* **Data shown**:
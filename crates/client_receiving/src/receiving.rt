// A chunk of phase two received: any bytes, with what is kept of an unfinished stanza before them.
ghost use Rattle.std.specs.Prelude.{◌≡◌, true, ◌++◌, ◌+◌, ◌≤◌, min, length, take, drop};
ghost use Rattle.stanza.specs.Resuming.{whole};
ghost use Rattle.session.specs.Session.{session_of};
ghost use Rattle.session.specs.declared.phases.Phase.TheVariants.{Two};
ghost use Rattle.phase_one.specs.PhaseOne.{BuffersOne};
ghost use Rattle.chunks.specs.Taking.{client};
ghost use Rattle.chunks.specs.Chunks.{is_held, taken, chunked};
ghost use Rattle.intake.specs.Fronts.{front_of};
ghost use Rattle.intake.specs.Intake.{intake_of, received_said, stored_in};
ghost use Rattle.client_room.specs.Room.{stanza_ahead};
ghost use Rattle.client_receiving.specs.Texts.{lent, Answers};

use crate::texts::{take_front, take_text};
use intake::{Received, Turn, begin};
use refusal::Refusal;
use session::Session;
use stanza::Continued;

// A stanza whose front is kept, so many bytes of the input, ends behind k bytes of the chunk.
fn take_joined(
    session: Session,
    kept: usize,
    chunk: &[u8],
    k: usize,
    input: &mut [u8],
    slots: &mut [[usize; 4]; Session::OTHER_SLOTS],
    header_slots: &[[usize; 4]; Session::HEADER_STANZAS],
    errors: &mut [u8],
    stanzas: &mut [u8],
    returned: &mut [u8],
    out: &mut [u8],
) -> Received
    requires phase_value { (session.phase ≡ Two) × (k ≤ length chunk.now) × (kept + k ≤ 8192) × (16384 ≤ length input.old) }
    requires out_value { (b : BuffersOne) → is_held (stanza_ahead (session_of session slots.old header_slots.now)
        (lent b errors.old stanzas.old returned.old) (take kept input.old ++ take k chunk.now) (drop k chunk.now)) out.old ≡ true }
    ensures outcome { (b : BuffersOne) → Answers result slots.new header_slots.now input.old input.new
        (lent b errors.new stanzas.new returned.new) out.old out.new
        (stanza_ahead (session_of session slots.old header_slots.now)
        (lent b errors.old stanzas.old returned.old)
        (take kept input.old ++ take k chunk.now) (drop k chunk.now)) }
    ensures name { result.session.name ≡ session.name }
{
    let mut store = [0u8; stanza::LONGEST];
    intake::put_together(input, kept, &chunk[..k], &mut store);
    let whole = kept + k;
    take_front(
        session,
        &store[..whole],
        &chunk[k..],
        input,
        slots,
        header_slots,
        errors,
        stanzas,
        returned,
        out,
    )
}

// A chunk that has room, in phase two with no reply due, whose first k bytes end the stanza that is unfinished; none is where k is 0.
fn receive_held(
    session: Session,
    chunk: &[u8],
    k: usize,
    input: &mut [u8],
    slots: &mut [[usize; 4]; Session::OTHER_SLOTS],
    header_slots: &[[usize; 4]; Session::HEADER_STANZAS],
    errors: &mut [u8],
    stanzas: &mut [u8],
    returned: &mut [u8],
    out: &mut [u8],
) -> Received
    requires phase_value { (session.phase ≡ Two) × (16384 ≤ length input.old) × (front_of session.reading (min session.kept 8191) chunk.now ≡ whole k) }
    requires out_value { (b : BuffersOne) → is_held (taken client (intake_of client session slots.old header_slots.now input.old)
        (lent b errors.old stanzas.old returned.old) chunk.now) out.old ≡ true }
    ensures outcome { (b : BuffersOne) → Answers result slots.new header_slots.now input.old input.new
        (lent b errors.new stanzas.new returned.new) out.old out.new
        (taken client (intake_of client session slots.old header_slots.now input.old)
        (lent b errors.old stanzas.old returned.old) chunk.now) }
    ensures name { result.session.name ≡ session.name }
{
    if k == 0 {
        return take_text(
            begin(session, 0),
            chunk,
            input,
            slots,
            header_slots,
            errors,
            stanzas,
            returned,
            out,
        );
    }
    let kept = intake::kept_of(session.kept);
    take_joined(
        session,
        kept,
        chunk,
        k,
        input,
        slots,
        header_slots,
        errors,
        stanzas,
        returned,
        out,
    )
}

// plugin_receiving's receive begins alike: what the two share are intake's four functions; one for all four would hand an accepted answer back as an error.
// A chunk of the plugin's commands: how many were taken and which was the last, how many bytes were written to the front of `out`, and the session. 13 or 14
// out of turn, and 15 where what is written or kept back has no room: then nothing is taken and nothing changes. 1, 3, 4, 5, 6, 9, 10, 11 or 8 close the
// session, and 13 is given for bytes behind done: the commands before them stand.
pub fn receive(
    session: Session,
    chunk: &[u8],
    input: &mut [u8; Session::CLIENT_INPUT],
    slots: &mut [[usize; 4]; Session::OTHER_SLOTS],
    header_slots: &[[usize; 4]; Session::HEADER_STANZAS],
    errors: &mut [u8],
    stanzas: &mut [u8],
    returned: &mut [u8],
    out: &mut [u8],
) -> Received
    ensures outcome { (b : BuffersOne) → received_said client result slots.new header_slots.now input.new
        (lent b errors.new stanzas.new returned.new) out.new ≡
        chunked client (intake_of client session slots.old header_slots.now input.old)
        (lent b errors.old stanzas.old returned.old) chunk.now out.old }
    ensures input { input.new ≡
        stored_in (intake_of client result.session slots.new header_slots.now input.new) input.old }
    ensures name { result.session.name ≡ session.name }
{
    let phase = session.phase;
    let turn = phase_two::turn_two(phase);
    if let Err(r) = turn {
        return intake::leave(session, r);
    }
    let reading = session.reading;
    let one = intake::read_one(Turn::Reads, reading, session.kept, chunk, input);
    if let Some(place) = one {
        return intake::keep_on(session, place, chunk);
    }
    let front = intake::read_front(Turn::Reads, reading, session.kept, chunk, input);
    match front {
        Ok(Continued::Unfinished(place)) => {
            return intake::keep_on(session, place, chunk);
        }
        Err(r) => {
            return intake::close(session, r);
        }
        Ok(Continued::Whole(k)) => {
            let room = out.len();
            if !client_room::has_room(
                session,
                chunk,
                k,
                input,
                room,
                slots,
                header_slots,
                errors.len(),
                stanzas.len(),
                returned.len(),
            ) {
                return intake::leave(session, Refusal::ShortOutput);
            }
            receive_held(
                session,
                chunk,
                k,
                input,
                slots,
                header_slots,
                errors,
                stanzas,
                returned,
                out,
            )
        }
    }
}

* **Problem details**: Which of the lines above include the word "what"? Copy each of them.

* **Task result**:
// A chunk of phase two received: any bytes, with what is kept of an unfinished stanza before them.
// plugin_receiving's receive begins alike: what the two share are intake's four functions; one for all four would hand an accepted answer back as an error.
// out of turn, and 15 where what is written or kept back has no room: then nothing is taken and nothing changes. 1, 3, 4, 5, 6, 9, 10, 11 or 8 close the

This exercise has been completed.